The Philippine peso is Southeast Asia’s worst-performing currency, having lost 13.4% against the US dollar so far this year as the Fed’s aggressive policy tightening to combat inflation boosts the greenback’s safe-haven appeal.
“We have to watch out for any sharp changes in the exchange rate and be able to do something about it,” Economic Planning Secretary Arsenio Balisacan told reporters on the sidelines of a business forum.
“What’s important are the swings. We don’t want that,” Balisacan said, adding the government will not dictate policy to the Bangko Sentral ng Pilipinas (BSP).
The central bank has said it was active in the forex market and selling strategically to prevent “excessive” forex movements.
At a senate hearing on Wednesday, senior central banker Iluminada Sicat said the BSP “will always be ready to participate” in the forex market but only to “smooth out” excessive volatility “rather than defend a specific level or trend of the peso”.
“The BSP is also prepared to utilise other tools to respond to fluctuations in exchange rate,” Sicat said, citing as examples, the US dollar repo facility and currency swap arrangements.
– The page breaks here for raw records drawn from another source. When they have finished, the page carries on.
//! The sets at the ends of one arc.

ghost use Rattle.std.specs.Prelude.{◌≡◌, ℕ, ◌+◌, ◌-◌, ◌*◌, ◌/◌, ◌%◌, ◌^◌, ◌<◌, ◌≤◌, ◌≢◌, ◌↔◌, ◌⊎◌, length, true, false};
ghost use Rattle.pesp_problem.specs.Families.{IsWithin};
ghost use Rattle.pesp_problem.specs.Words.{IsLess};
ghost use Rattle.pesp_domains.specs.Bits.{bit};
ghost use Rattle.pesp_domains.specs.Sets.{IsClear, Narrows, Revises, Changes, family};
ghost use Rattle.std.specs.Prelude.{pos};
ghost use Rattle.std.specs.Int.{int_rem_euclid};
ghost use Rattle.pesp_problem.specs.declared.limits.TheConstants.{MOST_PERIOD};

use crate::step::{self, Shifts};
use pesp_problem::Arc;

/// Keeps those differences of one event from which some shift leads to one of another.
fn narrow(
    words: &mut [u64],
    beside: &mut [u64],
    twice: &mut [u64],
    period: usize,
    kept: usize,
    other: usize,
    shifts: Shifts,
) -> bool
    requires period { (0 < period) × (period ≤ MOST_PERIOD) }
    requires width { length beside.old ≤ 1000 }
    requires kept { kept * length beside.old + length beside.old ≤ length words.old }
    requires other { other * length beside.old + length beside.old ≤ length words.old }
    requires few { length words.old ≤ 2 ^ 32 }
    requires first { shifts.first < period }
    requires count { shifts.count ≤ period }
    requires room { (2 * period ≤ 64 * length twice.old) × (length twice.old ≤ 2 ^ 32) }
    requires clear { IsClear period (length beside.old) words.old }
    ensures narrows { Narrows period (length beside.old) kept other shifts.first shifts.count
        words.old words.new }
    ensures less { IsLess words.old words.new result }
{
    let width = beside.len();
    let from = other * width;
    beside.copy_from_slice(&words[from..from + width]);
    let base = kept * width;
    step::keep_supported(
        &mut words[base..base + width],
        beside,
        period,
        shifts,
        twice,
    )
}

/// A lower bound as a shift round the period.
fn shift_of(lower: &i64, period: usize) -> usize
    requires { (0 < period) × (period ≤ MOST_PERIOD) }
    ensures { pos result ≡ int_rem_euclid lower.now (pos period) }
{
    lower.rem_euclid(period as i64) as usize
}

/// At which ends of an arc a set is another.
#[derive(Clone, Copy)]
pub struct Changed {
    pub tail: bool,
    pub head: bool,
}

/// Takes from the sets at both ends of an arc each difference with no partner. Each set has as many words as there is
/// room beside; `twice` has room for a set that is laid out twice.
pub fn revise(
    words: &mut [u64],
    beside: &mut [u64],
    twice: &mut [u64],
    period: usize,
    arc: &Arc,
    range: (u32, u32),
) -> Changed
    requires period { (0 < period) × (period ≤ MOST_PERIOD) }
    requires width { length beside.old ≤ 1000 }
    requires tail { arc.now.tail * length beside.old + length beside.old ≤ length words.old }
    requires head { arc.now.head * length beside.old + length beside.old ≤ length words.old }
    requires few { length words.old ≤ 2 ^ 32 }
    requires room { (2 * period ≤ 64 * length twice.old) × (length twice.old ≤ 2 ^ 32) }
    requires clear { IsClear period (length beside.old) words.old }
    ensures revises { Revises period (length beside.old) arc.now range words.old words.new }
    ensures changes { Changes (length beside.old) arc.now words.old words.new result.tail
        result.head }
{
    let tail = arc.tail as usize;
    let head = arc.head as usize;
    let shift = shift_of(&arc.lower, period);
    let low = range.0 as usize;
    let high = (range.1 as usize).min(period - 1);
    if tail == head {
        let back = (period - shift) % period;
        let count = if low <= back && back <= high { 1 } else { 0 };
        let own = Shifts { first: 0, count };
        let fewer = narrow(words, beside, twice, period, tail, tail, own);
        return Changed {
            tail: fewer,
            head: fewer,
        };
    }
    let count = (high + 1).saturating_sub(low);
    let ahead = Shifts {
        first: (shift + low) % period,
        count,
    };
    let back = Shifts {
        first: (2 * period - shift - high) % period,
        count,
    };
    let fewer_tails = narrow(words, beside, twice, period, tail, head, ahead);
    let fewer_heads = narrow(words, beside, twice, period, head, tail, back);
    Changed {
        tail: fewer_tails,
        head: fewer_heads,
    }
}

/// Whether a set has no number.
pub fn has_none(set: &[u64]) -> bool
    ensures none { result ≡ true → (d : ℕ) → bit set.now d ≡ 0 }
    ensures some { result ≡ false → (d : ℕ) × (bit set.now d ≡ 1) }
{
    for word in set.iter() {
        if *word != 0 {
            return false;
        }
    }
    true
}

/// Keeps what a mask has at one place, and what another has everywhere else.
fn mask_set(set: &mut [u64], place: usize, mask: u64, others: u64)
    ensures { (d : ℕ) → bit set.new d ≡ 1 → bit set.old d ≡ 1 }
{
    for k in 0..set.len() {
        let keep = if k == place { mask } else { others };
        let word = set[k];
        set[k] = word & keep;
    }
}

/// Keeps of one set what a mask has at one of its words, and what another has everywhere else.
pub fn keep_bits(
    words: &mut [u64],
    width: usize,
    event: usize,
    place: usize,
    mask: u64,
    others: u64,
)
    requires width { width ≤ 1000 }
    requires event { event * width + width ≤ length words.old }
    requires few { length words.old ≤ 2 ^ 32 }
    ensures { IsWithin (family width words.new) (family width words.old) }
{
    let base = event * width;
    mask_set(&mut words[base..base + width], place, mask, others);
}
President Ferdinand Marcos Jr said on Tuesday his government was prepared to defend the peso, and would continue to use interest rates to combat inflation that is already at four-year highs.
The central bank, which has two more policy meetings left this year, has so far raised key policy rates by 225 basis points (bps) this year, including an off-cycle 75 bps hike in July, to tame inflation and slow the peso’s decline.
Separately, Balisacan told a business forum he does not favour granting universal subsidies and removing value-added tax on certain goods to tame prices.